Soja volta a perder força em Chicago e fecha o dia com leve baixa; no BR, pouca alteração

Publicado em 29/01/2015 16:51 556 exibições

Nesta quinta-feira (29), o USDA (Departamento de Agricultura dos Estados Unidos) divulgou novos números das vendas semanais para exportação e os dados da soja vieram acima das expectativas do mercado, trazendo algum estímulo aos futuros da soja na Bolsa de Chicago. Os principais vencimentos chegaram a registrar bons momentos em campo positivo, porém, o mercado voltou a recuar e terminou o dia perdendo entre 2 e 4,50 pontos. 

Na semana encerrada em 22 de janeiro, as vendas semanais norte-americanas de soja somaram 888,2 mil toneladas, registrando um aumento expressivo em relação ao número da última semana, de apenas 115,3 mil toneladas. Assim, o total fica ainda acima das expectativas do mercado, que variavam de 200 mil a 600 mil toneladas.

o acumulado do ano comercial 2014/15, os EUA já venderam 45.326,5 milhões de toneladas, de um total esperado para a temporada de 48,17 milhões de toneladas, ou seja, pouco mais de 94% da oleaginosa norte-americana já está comprometida de acordo com as projeções do departamento agrícola norte-americano, e o ano comercial só se encerra em 31 de agosto de 2015. 

Os números, entretanto, registraram um movimento pontual sobre as cotações e os negócios voltaram a obedecer a um movimento técnico que já vem sendo registrado há algumas sessões no quadro internacional, com atenção maior aos movimentos dos fundos de investimentos do que de seus fundamentos de oferta e demanda, propriamente ditos. 

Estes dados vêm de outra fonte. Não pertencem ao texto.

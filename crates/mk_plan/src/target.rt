//! A node of a graph as it is judged.
ghost use Rattle.std.specs.Prelude.{◌≡◌, ◌<◌, length, IfOk};
ghost use Rattle.mk_verdict.specs.declared.verdict.Target.{Target as Judged};
ghost use Rattle.mk_plan.specs.Target.{IsTargetOf};
ghost use Rattle.mk_plan.specs.Why.{IsJudgedSo};

use crate::why::{Why, why_of};
use mk_nodes::Graph;
use mk_recipe::{Line, Target, recorded};
use mk_seen::{compared_of, made_of, seen_files};
use std::alloc::{AllocError, Global};

/// Why a node is to be made whose recipe these lines are; None where it is up to date.
pub fn judge_node(
    alloc: Global,
    keeping: bool,
    graph: &Graph,
    marks: &[bool],
    node: usize,
    lines: &[Line],
) -> Result<Option<Why>, AllocError>
    requires { node < length graph.now.nodes.items }
    ensures { IfOk result (λ why. (target : Judged) × (IsTargetOf graph.now marks.now node lines.now target
        × IsJudgedSo keeping graph.now node target why)) }
{
    let commands = recorded(alloc, lines)?;
    let explicit = compared_of(alloc, graph, node)?;
    let seen = seen_files(alloc, graph, marks, node)?;
    let target = Target {
        commands: &commands,
        explicit: &explicit,
        stamp: made_of(graph, node),
        prerequisites: &seen.prerequisites,
        orders_hidden: !graph.soft_dropped,
        source_changed: seen.source_changed,
        files: &seen.files,
    };
    why_of(alloc, keeping, graph, node, &target)
}
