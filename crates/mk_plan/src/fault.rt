//! Why a recipe has no lines.
use mk_rule_lines::TextFault;
use std::alloc::{AllocError, AllocFailed};
use thiserror::Error;

#[derive(Debug, Drop, Error)]
pub enum RecipeFault {
    #[error("out of memory")]
    OutOfMemory,
    /// A line of it has no expansion.
    #[error("{0}")]
    Macro(TextFault),
}

impl From<AllocError> for RecipeFault {
    ghost use Rattle.std.specs.Prelude.{◌≡◌};
    ghost use Rattle.mk_plan.specs.declared.fault.RecipeFault.TheVariants.{OutOfMemory};

    ghost from_gives = { λ _ fault. fault ≡ OutOfMemory };

    fn from(_error: AllocError) -> RecipeFault {
        RecipeFault::OutOfMemory
    }
}

impl<T: Drop> From<AllocFailed<T>> for RecipeFault {
    ghost use Rattle.std.specs.Prelude.{◌≡◌};
    ghost use Rattle.mk_plan.specs.declared.fault.RecipeFault.TheVariants.{OutOfMemory};

    ghost from_gives = { λ _ fault. fault ≡ OutOfMemory };

    fn from(_error: AllocFailed<T>) -> RecipeFault {
        RecipeFault::OutOfMemory
    }
}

Safra do Brasil - No exterior, as notícias que movimentam o mercado, segundo analistas internacionais, são a de que importantes regiões produtoras do Brasil receberão chuvas nos próximos dias e os números para a temporada 2014/15 começam a ser revistos. Entretanto, por aqui, as primeiras projeções já apontam para perdas consolidadas em estados importantes como Mato Grosso e Paraná.

O número de 95 milhões de toneladas para a safra de soja 2014/15 de soja do Brasil não irá se confirmar. Para o consultor de mercado Fernando Muraro, da AgRural, as perdas já estão entre 4 e 5 milhões de toneladas, perdidas para as elevadas temperaturas e ausência de chuvas em importantes regiões produtoras do país. O resultado dessa temporada? Esse é, agora, o número mais difícil a ser conseguido já que a marca dessa safra é a irregularidade. 

"Em Mato Grosso, encontramos lavouras precoces com produtividade de 20 sacas por hectare e de 70 sacas por hectare, em talhões com menos de 100 km um do outro, no Mato Grosso do Sul, a mesma coisa. Talvez Goiás e Bahia sejam o epicentro dessa estiagem maior que atingiu o Brasil. Então, a tentativa de estimar a safra brasileira ficou complicada", diz Muraro. 

E essa projeção vem de encontro com produtores rurais preocupados em todo o Brasil, os quais vêm relatando perdas severas de produtividade por conta do calor excessivo e da irregularidade no regime de chuvas. E é esse quadro climático que deve permanecer nas próximas semanas, segundo explicam meteorologistas. Para o Nordeste do país, a situação é ainda mais complicada, com a previsão indicando precipitações abaixo da média para os próximos meses. 

Confira no link abaixo informações e imagens dos estados onde as perdas na produção de soja já são irreversíveis e o relatos de produtores. 

>> Soja: Safra 2014/15 deve registrar quebra de até 5 milhões de t com clima seco

Mercado Interno 

No Brasil, os preços, mais uma vez, apresentaram pouquíssima movimentação, mesmo com uma alta de mais de 1% do dólar frente ao real nesta quinta-feira, voltando a superar os R$ 2,60. A moeda norte-americana registrou ganho de 1,37% para R$ 2,6121. 

Assim, no porto de Paranaguá, a soja da safra 2014/15 fechou o dia com baixa de 0,17% e valendo R$ 58,60 por saca. Em Rio Grande, pequena alta de 0,17% para R$ 59,70 por saca para o produto com entrega em maio/15 e estabilidade para a soja disponível com R$ 62,00. 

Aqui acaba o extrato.